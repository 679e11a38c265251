//! A line whose runs rise is made where its old elements stand, window by window: up to a run whose elements stand at their place,
//! those that stay close up, those that come change places with those that go, and then from the last run on those that stay go over
//! them to their places. Nothing takes memory.
ghost use Rattle.std.specs.Prelude.{◌≡◌, ◌<◌, ◌≤◌, ◌+◌, ◌-◌, ◌^◌, ◌++◌, List, true, take, drop, vec_len, vec_capacity, length, slice_range};
ghost use Rattle.rd_graph.specs.Runs.{RunsRise, places_aside, woven};
ghost use Rattle.rd_graph.specs.Internal.InPlace as spec;
ghost use Rattle.rd_graph.specs.Internal.InPlace.{AreWhole, IsClosed, IsWindow, StayersRise, coming, count_all, count_coming, count_staying, staying};

use crate::lining_up::{move_from, move_run};
use crate::runs::Run;

/// Does a run over so many old elements have such elements, which stay?
fn stays(run: Run, old: usize) -> bool
    ensures { result ≡ spec.stays old run }
{
    !run.aside && run.from < old
}

/// How many elements move at most where a line over so many old elements is made in place: those of each run that stays, once over
/// what goes before it and once over what comes, since the last run that is in its place.
fn moved(runs: &[Run], old: usize) -> usize {
    let mut place = 0usize;
    let mut stay = 0usize;
    let mut all = 0usize;
    for run in runs {
        if stays(*run, old) {
            if run.from == place {
                stay = place.saturating_add(run.count);
            } else {
                all = all.saturating_add(turn_cost(run.from, stay, run.count));
                all = all.saturating_add(turn_cost(place, stay, run.count));
                stay = stay.saturating_add(run.count);
            }
        }
        place = place.saturating_add(run.count);
    }
    all
}

/// How many elements a turn moves, where so many go over those from one place up to another.
fn turn_cost(end: usize, start: usize, count: usize) -> usize {
    if end <= start {
        return 0;
    }
    (end - start).saturating_add(count)
}

/// Over how many runs a line is made in place where that moves up to twice as many elements as there are.
const FEW: usize = 32;

/// Are few elements moved where a line is made in place, and is there room for those that come after the old ones?
pub(crate) fn is_near<T>(old: &Vec<T>, made: &Vec<T>, aside: &Vec<T>, runs: &[Run]) -> bool
    ensures { result ≡ true → vec_len old.now + (vec_len made.now + vec_len aside.now) ≤ vec_capacity old.now }
{
    let come = made.len().saturating_add(aside.len());
    if come > old.capacity() - old.len() {
        return false;
    }
    let moved = moved(runs, old.len());
    moved <= old.len() || (runs.len() <= FEW && moved / 2 <= old.len())
}

/// The elements from `place` up to `middle` come after those from there up to `end`.
fn turn<T>(elements: &mut [T], place: usize, middle: usize, end: usize)
    requires first { place ≤ middle }
    requires then { middle ≤ end }
    requires within { end ≤ length elements.old }
    ensures turned { elements.new ≡ take place elements.old
        ++ (slice_range elements.old middle end ++ (slice_range elements.old place middle ++ drop end elements.old)) }
    ensures len { length elements.new ≡ length elements.old }
{
    elements[place..end].rotate_left(middle - place);
}

/// The same of elements in memory that may hold more.
fn turn_in<T: Drop>(elements: &mut Vec<T>, place: usize, middle: usize, end: usize)
    requires first { place ≤ middle }
    requires then { middle ≤ end }
    requires within { end ≤ vec_len elements.old }
    ensures turned { (ws xs ys zs : List T) → elements.old.items ≡ ws ++ (xs ++ (ys ++ zs))
        → length ws ≡ place → place + length xs ≡ middle → middle + length ys ≡ end
        → elements.new.items ≡ ws ++ (ys ++ (xs ++ zs)) }
    ensures len { vec_len elements.new ≡ vec_len elements.old }
    ensures room { vec_capacity elements.new ≡ vec_capacity elements.old }
{
    if place == middle {
        return;
    }
    if middle == end {
        return;
    }
    turn(elements, place, middle, end);
}

/// So many runs, before one whose elements stand at their place, or all of them; where those of their elements end that stay, which have
/// closed up; and where the old elements end.
#[derive(Clone, Copy)]
struct Window {
    runs: usize,
    stay: usize,
    end: usize,
}

/// The elements that stay close up from a place on, as far as a window goes.
fn close_up<T: Drop>(elements: &mut Vec<T>, old: usize, first: usize, runs: &[Run]) -> Window
    requires rise { StayersRise old first runs.now }
    requires first { first ≤ old }
    requires old { old ≤ vec_len elements.old }
    requires few { first + count_all old runs.now < 2 ^ 64 }
    ensures stay { result.stay ≡ first + count_staying old (take result.runs runs.now) }
    ensures end { IsWindow old first runs.now result.runs result.end }
    ensures closed { (part was rest made : List T) → elements.old.items ≡ part ++ (drop first was ++ rest) → length part ≡ first
        → length was ≡ old → IsClosed part (staying old (take result.runs runs.now) (was ++ made)) (result.end - result.stay)
        (drop result.end was ++ rest) elements.new.items }
    ensures len { vec_len elements.new ≡ vec_len elements.old }
    ensures room { vec_capacity elements.new ≡ vec_capacity elements.old }
{
    let mut place = first;
    let mut stay = first;
    for i in 0..runs.len() {
        let run = runs[i];
        if !stays(run, old) {
            place += run.count;
            continue;
        }
        if run.from == place {
            return Window {
                runs: i,
                stay,
                end: place,
            };
        }
        turn_in(elements, stay, run.from, run.from + run.count);
        stay += run.count;
        place += run.count;
    }
    Window {
        runs: runs.len(),
        stay,
        end: old,
    }
}

/// So many elements from a place on change places with as many from another one on.
fn swap<T>(elements: &mut [T], first: usize, other: usize, count: usize)
    requires first { first + count ≤ other }
    requires other { other + count ≤ length elements.old }
    ensures swapped { (us xs vs ys zs : List T) → elements.old ≡ us ++ (xs ++ (vs ++ (ys ++ zs)))
        → length us ≡ first → length xs ≡ count → first + count + length vs ≡ other → length ys ≡ count
        → elements.new ≡ us ++ (ys ++ (vs ++ (xs ++ zs))) }
    ensures len { length elements.new ≡ length elements.old }
{
    let (left, right) = elements.split_at_mut(other);
    left[first..first + count].swap_with_slice(&mut right[..count]);
}

/// The same of elements in memory that may hold more.
fn swap_in<T: Drop>(elements: &mut Vec<T>, first: usize, other: usize, count: usize)
    requires first { first + count ≤ other }
    requires other { other + count ≤ vec_len elements.old }
    ensures swapped { (us xs vs ys zs : List T) → elements.old.items ≡ us ++ (xs ++ (vs ++ (ys ++ zs)))
        → length us ≡ first → length xs ≡ count → first + count + length vs ≡ other → length ys ≡ count
        → elements.new.items ≡ us ++ (ys ++ (vs ++ (xs ++ zs))) }
    ensures len { vec_len elements.new ≡ vec_len elements.old }
    ensures room { vec_capacity elements.new ≡ vec_capacity elements.old }
{
    if count == 0 {
        return;
    }
    swap(elements, first, other, count);
}

/// The elements that come are put at the end, in the order of the line, which is over so many old ones.
fn put_at_end<T: Drop>(elements: &mut Vec<T>, old: usize, made: Vec<T>, aside: Vec<T>, runs: &[Run])
    requires rising { RunsRise old (vec_len made) 0 0 runs.now }
    requires aside { vec_len aside ≡ length (places_aside runs.now) }
    requires room { vec_len elements.old + (vec_len made + vec_len aside) ≤ vec_capacity elements.old }
    ensures put { (xs : List T) → length xs ≡ old
        → elements.new.items ≡ elements.old.items ++ coming old runs.now (xs ++ made.items) aside.items }
    ensures len { vec_len elements.new ≡ vec_len elements.old + count_coming old runs.now }
{
    let mut made_rest = made.into_iter();
    let mut aside_rest = aside.into_iter();
    let mut next_made = 0;
    for run in runs {
        if run.aside {
            move_run(&mut aside_rest, run.count, elements);
            continue;
        }
        if run.from < old {
            continue;
        }
        let place = run.from - old;
        next_made = move_from(&mut made_rest, next_made, place, run.count, elements);
    }
}

/// From the last run on, the elements that stay go over those that come to their places. Those that stay end at a place, and so many come.
fn spread_out<T: Drop>(elements: &mut Vec<T>, old: usize, end: usize, come: usize, runs: &[Run])
    requires stay { count_staying old runs.now ≤ end }
    requires come { come ≡ count_coming old runs.now }
    requires within { end + come ≤ vec_len elements.old }
    ensures spread { (part xs ys rest : List T) → AreWhole runs.now xs ys → length part + count_staying old runs.now ≡ end
        → elements.old.items ≡ part ++ (staying old runs.now xs ++ (coming old runs.now xs ys ++ rest))
        → elements.new.items ≡ part ++ (woven runs.now xs ys ++ rest) }
    ensures len { vec_len elements.new ≡ vec_len elements.old }
    ensures room { vec_capacity elements.new ≡ vec_capacity elements.old }
{
    let mut stay = end;
    let mut come = come;
    let mut left = runs.len();
    while 0 < left && 0 < come {
        left -= 1;
        let run = runs[left];
        if stays(run, old) {
            stay -= run.count;
            let middle = stay + run.count;
            turn_in(elements, stay, middle, middle + come);
            continue;
        }
        come -= run.count;
    }
}

/// The same of the last runs: those that come end the elements, from another place on, and those that go stand between.
fn spread_last<T: Drop>(elements: &mut Vec<T>, old: usize, stay: usize, next: usize, runs: &[Run])
    requires stay { count_staying old runs.now ≤ stay }
    requires next { stay ≤ next }
    requires come { vec_len elements.old ≡ next + count_coming old runs.now }
    ensures { (part xs ys gone : List T) → AreWhole runs.now xs ys → length part + count_staying old runs.now ≡ stay
        → stay + length gone ≡ next → elements.old.items ≡ part ++ (staying old runs.now xs ++ (gone ++ coming old runs.now xs ys))
        → elements.new.items ≡ part ++ woven runs.now xs ys }
{
    let end = elements.len();
    let come = end - next;
    turn_in(elements, stay, next, end);
    spread_out(elements, old, stay, come, runs);
    elements.truncate(stay + come);
}

/// The old elements become those of a line, with made ones, and those that are set aside.
pub(crate) fn line_up_in_place<T: Drop>(
    elements: &mut Vec<T>,
    made: Vec<T>,
    aside: Vec<T>,
    runs: &[Run],
)
    requires rising { RunsRise (vec_len elements.old) (vec_len made) 0 0 runs.now }
    requires aside { vec_len aside ≡ length (places_aside runs.now) }
    requires room { vec_len elements.old + (vec_len made + vec_len aside) ≤ vec_capacity elements.old }
    ensures { elements.new.items ≡ woven runs.now (elements.old.items ++ made.items) aside.items }
{
    let old = elements.len();
    put_at_end(elements, old, made, aside, runs);
    let mut first = 0;
    let mut next = old;
    let mut from = 0;
    loop {
        let rest = &runs[from..];
        let window = close_up(elements, old, first, rest);
        if window.runs == rest.len() {
            spread_last(elements, old, window.stay, next, rest);
            return;
        }
        let come = window.end - window.stay;
        swap_in(elements, window.stay, next, come);
        spread_out(elements, old, window.stay, come, &rest[..window.runs]);
        next += come;
        first = window.end + rest[window.runs].count;
        from += window.runs + 1;
    }
}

========================================================================

_Your goal_:
From the line containing "put_at_end(elements, old, made, aside, runs);" through the closing line of the material above, return every line exactly and omit all others.

_The answer_:
    put_at_end(elements, old, made, aside, runs);
    let mut first = 0;
    let mut next = old;
    let mut from = 0;
    loop {
        let rest = &runs[from..];
        let window = close_up(elements, old, first, rest);
        if window.runs == rest.len() {
            spread_last(elements, old, window.stay, next, rest);
            return;
        }
        let come = window.end - window.stay;
        swap_in(elements, window.stay, next, come);
        spread_out(elements, old, window.stay, come, &rest[..window.runs]);
        next += come;
        first = window.end + rest[window.runs].count;
        from += window.runs + 1;
    }
}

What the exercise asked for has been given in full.